I like veggies, I like fish. I can trade fish for eggs and chicken. Anyone familiar with this?






The website:
:: Portable Farms™ Aquaponics Systems ::


----------



## Denton (Sep 18, 2012)




----------



## MountainMan (Apr 4, 2012)

We've been looking into this for quite a while. The systems I've seen are usually indoor systems. The greenhouse is a new one on me. Looks pretty interesting. Nice find.


----------



## Denton (Sep 18, 2012)

I'm thinking this is going to be a project....

IT'll be fun!!


----------



## Desert Marine (Nov 20, 2012)

The concept of acquaponics is interesting. However, plants CAN'T manufacturer minerals. Many people who build these systems are growing plants that are mineral deficient. Plants get their mineral content from the soil. If you are only feeding them i.e. the plants fish waste you have to find a way to get the plants the proper minerals. 

Very few people are aware of this, nor are they knowledgeable in this type of growing environment. A plant can and will grow on the 3 basic components of fertilizer, however they will not be plants that will contain the necessary nutrition for human health and consumption. 

Just food for thought!


----------



## Chelseaprepper (Dec 12, 2012)

Interesting concept Desert Marine I have been looking into this and already have and IBC tank 275 gallons I was going to sacrafice. However after your post I am going to research this a little bit more. If anything at least I can have fish. My soil garden kicks ass in season ( no store bought fertilized I use my own compost) so vegetable are plenty and I am expanding it this spring for even more veggies.


----------



## Denton (Sep 18, 2012)

Desert Marine said:


> The concept of acquaponics is interesting. However, plants CAN'T manufacturer minerals. Many people who build these systems are growing plants that are mineral deficient. Plants get their mineral content from the soil. If you are only feeding them i.e. the plants fish waste you have to find a way to get the plants the proper minerals.
> 
> Very few people are aware of this, nor are they knowledgeable in this type of growing environment. A plant can and will grow on the 3 basic components of fertilizer, however they will not be plants that will contain the necessary nutrition for human health and consumption.
> 
> Just food for thought!


Danged ol' party-pooper!


----------



## Jacob555 (Feb 2, 2013)

I also like fish and vegetables.


----------



## AsteroidX (Dec 11, 2012)

IMO standard greenhouse for cold environments or regular gardening and composting is easier then aquaponics. But lets say you live in a an apartment or dont have land indoor gardening has much merit. The one big bonus from my homework in aquaponics is you would get a fish staple as well if done correctly. Talapia farming FTW. Tried it in a restaurant the other day and it aint that bad of a fish for food.

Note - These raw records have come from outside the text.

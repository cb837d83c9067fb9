// Maps and their copies.
ghost use Rattle.std.specs.Prelude.{◌+◌, ◌%◌, ◌^◌};

use crate::same::same;
use shared_map::{Copied, Edit, Entries, InShared, Shared, SharedMap};
use std::alloc::{AllocError, Global};
use std::process::Abort;
use std::test::Fail;

// How many entries the maps of these tests have: some more than eight pages hold.
const COUNT: u64 = 1_000;

// The keys from 0 to 999, put in one by one from all over the map, each with its double.
fn doubles(alloc: Global) -> Result<SharedMap<u64, u64>, AllocError> {
    let mut map = SharedMap::new(alloc);
    for step in 0..COUNT {
        let key = step * 617 % COUNT;
        map.insert(&key, key * 2)?;
    }
    Ok(map)
}

fn value(map: &SharedMap<u64, u64>, key: u64) -> Option<u64> {
    map.get(&key).copied()
}

#[test]
fn entries_come_in_order(rt: HostRuntime) -> Result<(), Fail> {
    let map = doubles(rt.alloc())?;
    same(&rt, map.len(), COUNT);
    let mut wanted: u64 = 0;
    for (key, value) in map.iter() {
        same(&rt, (*key, *value), (wanted, wanted.wrapping_mul(2)));
        wanted = wanted.wrapping_add(1);
    }
    same(&rt, wanted, COUNT);
    same(&rt, value(&map, 617), Some(1_234));
    same(&rt, value(&map, 1_000), None);
    same(&rt, map.next_after(&127), Some(&(128, 256)));
    same(&rt, map.next_after(&999), None);
    Ok(())
}

// Takes out the keys that do not end in 7.
fn thin(rt: &impl Abort, map: &mut SharedMap<u64, u64>) {
    for key in 0..COUNT {
        if key % 10 != 7 {
            same(rt, map.remove(&key), Ok(Some(key * 2)));
        }
    }
}

#[test]
fn a_copy_keeps_what_the_other_loses(rt: HostRuntime) -> Result<(), Fail> {
    let before = doubles(rt.alloc())?;
    let mut after = before.copy()?;
    thin(&rt, &mut after);
    after.insert(&7, 1)?;
    same(&rt, after.remove(&8), Ok(None));
    same(&rt, after.len(), 100);
    same(&rt, value(&after, 7), Some(1));
    same(&rt, after.next_after(&7), Some(&(17, 34)));
    same(&rt, before.len(), COUNT);
    same(&rt, value(&before, 7), Some(14));
    same(&rt, before.next_after(&7), Some(&(8, 16)));
    Ok(())
}

// A map of the same entries, each of which is new when it is put in.
fn all_new(rt: &impl Abort, alloc: Global) -> SharedMap<u64, u64> {
    let mut map = SharedMap::new(alloc);
    for key in 0..COUNT {
        same(rt, map.insert_new(&key, key * 2), Ok(true));
    }
    map
}

#[test]
fn no_entries_are_none(rt: HostRuntime) {
    same(&rt, Entries::<u64, u64>::none().next(), None);
}

#[test]
fn a_new_key_is_told_from_one_that_is_there(rt: HostRuntime) -> Result<(), Fail> {
    let mut map = all_new(&rt, rt.alloc());
    let before = map.copy()?;
    same(&rt, map.insert_new(&500, 1), Ok(false));
    same(&rt, value(&map, 500), Some(1_000));
    same(&rt, map.insert_new(&1_000, 1), Ok(true));
    same(&rt, value(&map, 1_000), Some(1));
    same(&rt, map.next_after(&999), Some(&(1_000, 1)));
    same(&rt, map.len(), 1_001);
    same(&rt, before.len(), COUNT);
    same(&rt, value(&before, 1_000), None);
    Ok(())
}

// Adds to a number, and remembers what it was.
#[derive(Drop)]
struct Add {
    more: u64,
    was: u64,
}

impl Edit<u64> for Add {
    ghost edited = { λ a n. (n + a.more) % 2 ^ 64 };

    ghost left = { λ a n. record a { was = n } };

    fn edit(&mut self, value: &mut u64) -> Result<(), AllocError> {
        self.was = *value;
        *value = value.wrapping_add(self.more);
        Ok(())
    }
}

#[test]
fn a_value_is_changed_where_it_stands(rt: HostRuntime) -> Result<(), Fail> {
    let before = doubles(rt.alloc())?;
    let mut after = before.copy()?;
    let mut add = Add { more: 3, was: 0 };
    same(&rt, after.edit(&500, &mut add), Ok(true));
    same(&rt, add.was, 1_000);
    same(&rt, after.edit(&1_000, &mut add), Ok(false));
    same(&rt, add.was, 1_000);
    same(&rt, value(&after, 500), Some(1_003));
    same(&rt, value(&after, 501), Some(1_002));
    same(&rt, after.len(), COUNT);
    same(&rt, value(&before, 500), Some(1_000));
    Ok(())
}

#[test]
fn what_is_shared_is_copied_to_change_it(rt: HostRuntime) -> Result<(), Fail> {
    let mut map = SharedMap::new(rt.alloc());
    let five = Shared::new(rt.alloc(), 5_u64)?;
    map.insert(&7, five.copy()?)?;
    let mut add = InShared::new(rt.alloc(), Add { more: 1, was: 0 });
    same(&rt, map.edit(&7, &mut add), Ok(true));
    same(&rt, add.copied(), true);
    same(&rt, map.edit(&7, &mut add), Ok(true));
    same(&rt, add.copied(), false);
    same(&rt, add.into_inner().was, 6);
    same(&rt, *five.get(), 5);
    if let Some(value) = map.get(&7) {
        same(&rt, *value.get(), 7);
    }
    Ok(())
}
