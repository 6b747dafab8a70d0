// process_withdrawals of electra/block_processing.rs: a handed list is compared with the expected one, and paid.

#![tactic(auto)]

ghost use Rattle.std.specs.Prelude.{◌≡◌, true, ◌+◌, ◌<◌, ◌≤◌, ◌^◌};
ghost use Rattle.lists.specs.Base.{every};
ghost use Rattle.rules.specs.Types as rule;
ghost use Rattle.rules.specs.BlockProcessing.{same_withdrawals, withdrawals_refusal};
ghost use Rattle.rules.specs.BlockProcessing.{get_expected_withdrawals, next_index, next_validator_index};
ghost use Rattle.rules.specs.BlockProcessing.{process_withdrawals};
ghost use Rattle.rules.specs.Acceptance.{sound_books};
ghost use Rattle.rules.specs.Calls.{enough_room};
ghost use Rattle.rule_laws.specs.Withdrawals.{withdrawal_in};
ghost use Rattle.primitives.specs.Answers.{answer_number};
ghost use Rattle.primitives.specs.Settings.{settings_of};
ghost use Rattle.records.specs.Layout.{validators_fit, partials_fit};
ghost use Rattle.records.specs.Queues.{PartialsDrained};
ghost use Rattle.records.specs.Books.{Tables, tables, books_of, room_of, Stepped};
ghost use Rattle.expected_withdrawals.specs.Expected.{expected_of, handed_list};
ghost use Rattle.withdrawals.specs.Payment.{Paid, index_below};

use expected_withdrawals::{ExpectedWithdrawals, Withdrawal};
use primitives::answers::Refusal;
use primitives::sound::SoundSettings;
use primitives::{Scalars, Settings, ValidatorIndex, WithdrawalIndex};
use records::queues::PendingPartialWithdrawal;

// A handed list stays sixteen records and a count: the exported call hands it so, and the count may be above sixteen.
// The tables stay apart: the rule writes some and only reads the others, as C lends them. `same_withdrawals` stays a
// function: it compares the counts first.

// ---- the comparison

// The first n of a handed list against the expected list. A count above sixteen is never the expected one.
pub fn same_withdrawals(list: [Withdrawal; 16], n: usize, expected: ExpectedWithdrawals) -> bool
    requires { expected.count ≤ 16 }
    ensures { result ≡ same_withdrawals (handed_list list n) (handed_list expected.list expected.count) }
{
    n == expected.count && list[..n] == expected.list[..n]
}

#[tactic(auto, using(crate::specs::Laws::refusal_none, crate::specs::Laws::refusal_some))]
pub fn withdrawals_refusal(
    list: [Withdrawal; 16],
    n: usize,
    expected: ExpectedWithdrawals,
) -> Result<(), Refusal>
    requires { expected.count ≤ 16 }
    ensures { (S : rule.Settings) (b : rule.Books)
        → expected ≡ expected_of S b → answer_number result ≡ withdrawals_refusal S b (handed_list list n) }
{
    if same_withdrawals(list, n, expected) {
        return Ok(());
    }
    Err(Refusal::WithdrawalsNotExpected)
}

// ---- the payment

// Pays the first n withdrawals of a list, in order, to some of `registry` validators.
pub fn pay_withdrawals(validators: &mut [u64], registry: usize, list: [Withdrawal; 16], n: usize)
    requires held { (registry ≤ validators_fit validators.old) × (n ≤ 16) }
    requires known { every (withdrawal_in registry) (handed_list list n) ≡ true }
    ensures { Paid registry (handed_list list n) validators.old validators.new }
{
    for w in &list[..n] {
        records::registry::decrease_balance(validators, w.validator_index, w.amount);
    }
}

// The first `gone` partial withdrawals leave the queue. Where none does, no word is moved.
fn remove_partials(partials: &mut [u64], gone: usize, left: usize)
    requires { gone + left ≤ partials_fit partials.old }
    ensures { PartialsDrained gone left partials.old partials.new }
{
    if gone == 0 {
        return;
    }
    records::queues::drain::<PendingPartialWithdrawal>(partials, gone, left);
}

// next_withdrawal_index
pub fn next_index(scalars: Scalars, list: [Withdrawal; 16], n: usize) -> WithdrawalIndex
    requires n_bound { n ≤ 16 }
    requires n_value { every (index_below (2 ^ 63)) (handed_list list n) ≡ true }
    ensures { (t : Tables) → result.0 ≡ next_index (books_of scalars t) (handed_list list n) }
{
    let Some(w) = list[..n].last() else {
        return scalars.next_withdrawal_index;
    };
    WithdrawalIndex(w.index.0 + 1)
}

// next_withdrawal_validator_index
pub fn next_validator_index(
    settings: Settings,
    scalars: Scalars,
    list: [Withdrawal; 16],
    n: usize,
) -> ValidatorIndex
    requires payload { (n ≤ 16) × (0 < settings.max_withdrawals_per_payload) }
    requires sweep { settings.max_validators_per_withdrawals_sweep ≤ 65536 }
    requires cursor { scalars.next_withdrawal_validator_index.0 < scalars.validators }
    requires registry { scalars.validators ≤ 65536 }
    requires known { every (withdrawal_in scalars.validators) (handed_list list n) ≡ true }
    ensures { (t : Tables)
        → result.0 ≡ next_validator_index (settings_of settings) (books_of scalars t) (handed_list list n) }
{
    let count = scalars.validators;
    let cursor = scalars.next_withdrawal_validator_index;
    if n == settings.max_withdrawals_per_payload {
        let w = list[n - 1];
        let last = w.validator_index.0;
        return ValidatorIndex((last + 1) % count);
    }
    ValidatorIndex((cursor.0 + settings.max_validators_per_withdrawals_sweep) % count)
}

// The rule, on a list that is the expected one.
pub fn process_withdrawals(
    sound: SoundSettings,
    scalars: Scalars,
    identities: &[u8],
    validators: &mut [u64],
    deposits: &[u64],
    partials: &mut [u64],
    consolidations: &[u64],
    list: [Withdrawal; 16],
    n: usize,
    expected: ExpectedWithdrawals,
) -> Scalars
    requires room { enough_room (settings_of sound.settings)
        (room_of (tables identities.now validators.old deposits.now partials.old consolidations.now)) ≡ true }
    requires books_are_sound { sound_books (settings_of sound.settings) (books_of scalars
        (tables identities.now validators.old deposits.now partials.old consolidations.now)) ≡ true }
    requires expected_value { expected ≡ expected_of (settings_of sound.settings) (books_of scalars
        (tables identities.now validators.old deposits.now partials.old consolidations.now)) }
    requires same { same_withdrawals (handed_list list n)
        (get_expected_withdrawals (settings_of sound.settings) (books_of scalars
        (tables identities.now validators.old deposits.now partials.old consolidations.now))) ≡ true }
    ensures { Stepped (process_withdrawals (settings_of sound.settings) (handed_list list n)) scalars
        (tables identities.now validators.old deposits.now
        partials.old consolidations.now)
        (tables identities.now validators.new deposits.now
        partials.new consolidations.now)
        result }
{
    let gone = expected.partials;
    let left = scalars.partials - gone;
    pay_withdrawals(validators, scalars.validators, list, n);
    remove_partials(partials, gone, left);
    let index = next_index(scalars, list, n);
    let cursor = next_validator_index(sound.settings, scalars, list, n);
    Scalars {
        next_withdrawal_index: index,
        next_withdrawal_validator_index: cursor,
        partials: left,
        ..scalars
    }
}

Can it be done off grid ? all the set ups Ive seen seem like there using pumps and such.


----------



## LunaticFringeInc (Nov 20, 2012)

Denton thanks for the great link. Man the more I look at this type of system the more interested I am in is since its nothing more than my SW tanks on steriods. I just need to find a way to power a pump at a reasonable cost via solar power and I think it would be worth my time and efforts. With even the most rudementry green house set up I think I could absolutely go nuts with this on a small scale size wise and really produce some scooby snacks. I like the fact too that its basically portable unlike raised beds and conventional gardening. I will have to peruse that site some more and garner more info.


----------